= GOAL OF THE EXERCISE =
Please return all lines in the listing holding the word "which".

########################################

impl<'c, C> Job<'c, C> {
    /// A job on whole tables, of which none is read yet.
    pub fn new(alloc: Global, settings: Settings<'_>, columns: &'c C) -> Self
        ensures form { result.form ≡ settings.entry.form }
        ensures groups { result.groups ≡ settings.entry.groups }
        ensures columns { result.columns.now ≡ columns.now }
        ensures unordered { settings.entry.keeps_order ≡ false → IsUnordered result }
        ensures order { noted result.order ≡ begun_keys settings.entry.keeps_order }
    {
        Job {
            alloc,
            form: settings.form,
            look: settings.look,
            groups: settings.groups,
            columns,
            order: order_of(alloc, settings),
            row_order: row_order_of(alloc, settings),
            spelling: TableSpelling::even(alloc),
        }
    }

    /// A job on parts of tables whose keys are strictly increasing.
    pub fn sorted(alloc: Global, layout: Layout<'_>, columns: &'c C) -> Self
        ensures form { result.form ≡ layout.entry.form }
        ensures columns { result.columns.now ≡ columns.now }
        ensures unordered { IsUnordered result }
    {
        Job {
            alloc,
            form: layout.form,
            look: Look::PLAIN,
            groups: false,
            columns,
            order: Order::by_key(),
            row_order: RowOrder::by_cells(),
            spelling: TableSpelling::even(alloc),
        }
    }

    /// The same job, with an answer that is written in a style, but for rows that have a spelling of their own.
    pub fn in_style(self, style: Style, spelling: TableSpelling) -> Self
        ensures { result ≡ record self.entry { form = in_style style self.entry.form; spelling = spelling } }
    {
        Job {
            form: self.form.in_style(style),
            spelling,
            ..self
        }
    }

    /// A job that writes rows as they stand, in a form of their own and under columns of their own.
    pub fn to_write<'d, D>(&self, form: Form, columns: &'d D) -> Job<'d, D>
        ensures form { result.form ≡ form }
        ensures columns { result.columns.now ≡ columns.now }
    {
        Job {
            alloc: self.alloc,
            form,
            look: self.look,
            groups: self.groups,
            columns,
            order: Order::by_key(),
            row_order: RowOrder::by_cells(),
            spelling: TableSpelling::even(self.alloc),
        }
    }

    /// The same job on a table whose rows do not come out.
    pub fn unordered(&self) -> Self
        ensures groups { result.groups ≡ self.now.groups }
        ensures columns { result.columns.now ≡ self.now.columns.now }
    {
        Job {
            alloc: self.alloc,
            form: self.form,
            look: self.look,
            groups: self.groups,
            columns: self.columns,
            order: Order::by_key(),
            row_order: RowOrder::by_cells(),
            spelling: TableSpelling::even(self.alloc),
        }
    }

    /// Reads the rows of a table, and gathers them by key.
    ///
    /// # Errors
    ///
    /// Returns as a fault of the file `NoColumn` if the header lacks a column of the key, `RepeatedKey` if a key repeats that may not, and
    /// the errors of `Source::read_row`.
    pub fn read_table<'a, R: Read + Drop>(
        &mut self,
        columns: &Columns,
        table: &mut Opened<'a, R>,
    ) -> Result<Table, Fault<'a>>
        ensures table { IfOk result (λ rows.
            ReadsTable R.remaining self.old.groups columns.now table.old.source.value rows.pairs.items) }
        ensures notes { OnOk result (OfKeys R.remaining content.Rows columns.now table.old.source.value
            (λ keys. noted self.new.order ≡ noted_with (noted self.old.order) keys)) }
        ensures same { self.new ≡ record self.old { order = self.new.order; row_order = self.new.row_order } }
        ensures unordered { OnOk result (IsUnordered self.old → IsUnordered self.new) }
        ensures header { table.new.source.value.header ≡ table.old.source.value.header }
        ensures named { table.new.file ≡ table.old.file }
        ensures file { IfErr result (λ fault. fault.file ≡ table.old.file) }
        ensures why { IfErr result (λ fault. ExplainsTable R.remaining self.old.groups columns.now
            table.old.source.value fault.reason) }
    {
        let mut rows = Vec::new(self.alloc);
        at(
            table.file,
            read_rows(table, columns, &mut self.order, &mut rows),
        )?;
        self.take_rows(table.file, rows)
    }

    // Reads the rows of a table that is merged into the one before it: each that this one lacks comes out after the row that it follows.
    fn read_beside<'a, R: Read + Drop>(
        &mut self,
        columns: &Columns,
        table: &mut Opened<'a, R>,
    ) -> Result<Table, Fault<'a>>
        ensures table { IfOk result (λ rows.
            ReadsTable R.remaining self.old.groups columns.now table.old.source.value rows.pairs.items) }
        ensures notes { OnOk result (OfKeys R.remaining content.Rows columns.now table.old.source.value
            (λ keys. noted self.new.order ≡ placed_with (noted self.old.order) keys)) }
        ensures same { self.new ≡ record self.old { order = self.new.order; row_order = self.new.row_order } }
        ensures unordered { OnOk result (IsUnordered self.old → IsUnordered self.new) }
        ensures named { table.new.file ≡ table.old.file }
        ensures file { IfErr result (λ fault. fault.file ≡ table.old.file) }
        ensures why { IfErr result (λ fault. ExplainsTable R.remaining self.old.groups columns.now
            table.old.source.value fault.reason) }
    {
        let mut order = self.order.begun(self.alloc);
        let mut rows = Vec::new(self.alloc);
        at(table.file, read_rows(table, columns, &mut order, &mut rows))?;
        self.order = at(table.file, Order::placed(self.alloc, &self.order, &order))?;
        self.take_rows(table.file, rows)
    }

    // The rows of a file by key, which are noted in their order.
    fn take_rows<'a>(&mut self, file: &'a str, rows: Vec<ReadRow>) -> Result<Table, Fault<'a>>
        ensures table { IfOk result (λ table. Gathers self.old.groups rows.items table.pairs.items) }
        ensures same { self.new ≡ record self.old { row_order = self.new.row_order } }
        ensures by_cells { is_none self.old.row_order.files ≡ true → is_none self.new.row_order.files ≡ true }
        ensures file { IfErr result (λ fault. fault.file ≡ file.entry) }
        ensures why { IfErr result (λ fault. ExplainsGathering self.old.groups rows.items fault.reason) }
    {
        at(file, self.row_order.note_file(self.alloc, &rows))?;
        at(file, self.gather(rows))
    }

    // The rows by key, of which no two have the same unless they are groups. A key that repeats and may not is an error. Rows last, since a
    // run ends with its answer.
    fn gather(&self, rows: Vec<ReadRow>) -> Result<Table, Reason>
        ensures table { IfOk result (λ table. Gathers self.now.groups rows.items table.pairs.items) }
        ensures why { IfErr result (ExplainsGathering self.now.groups rows.items) }
    {
        if self.groups {
            Ok(grouped_rows(self.alloc, rows, Release::AtExit)?)
        } else {
            Ok(unique_rows(self.alloc, rows, Release::AtExit)?)
        }
    }

    // The rows of changes by key, those that go beside those that come, which are noted in their order.
    fn take_changes<'a>(
        &mut self,
        file: &'a str,
        gone: Vec<ReadRow>,
        come: Vec<ReadRow>,
    ) -> Result<Changes, Fault<'a>>
        ensures changes { IfOk result
            (λ changes. PairsRows self.old.groups gone.items come.items changes.pairs.items) }
        ensures same { self.new ≡ record self.old { row_order = self.new.row_order } }
        ensures by_cells { is_none self.old.row_order.files ≡ true → is_none self.new.row_order.files ≡ true }
        ensures file { IfErr result (λ fault. fault.file ≡ file.entry) }
        ensures why { IfErr result (λ fault. ExplainsGathering self.old.groups gone.items fault.reason
            ⊎ ExplainsGathering self.old.groups come.items fault.reason) }
    {
        at(file, self.row_order.note_file(self.alloc, &gone))?;
        at(file, self.row_order.note_file(self.alloc, &come))?;
        at(file, self.pair(gone, come))
    }

    // Rows that go and rows that come, by key.
    fn pair(&self, gone: Vec<ReadRow>, come: Vec<ReadRow>) -> Result<Changes, Reason>
        ensures changes { IfOk result
            (λ changes. PairsRows self.now.groups gone.items come.items changes.pairs.items) }
        ensures why { IfErr result (λ told. ExplainsGathering self.now.groups gone.items told
            ⊎ ExplainsGathering self.now.groups come.items told) }
    {
        let gone_by_key = self.gather(gone)?;
        let come_by_key = self.gather(come)?;
        let changes = paired(self.alloc, gone_by_key, come_by_key)?;
        Ok(changes)
    }
}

########################################

= SOLUTION TO THE EXERCISE =
    /// A job on whole tables, of which none is read yet.
    // The rows of a file by key, which are noted in their order.
    // The rows by key, of which no two have the same unless they are groups. A key that repeats and may not is an error. Rows last, since a
    // The rows of changes by key, those that go beside those that come, which are noted in their order.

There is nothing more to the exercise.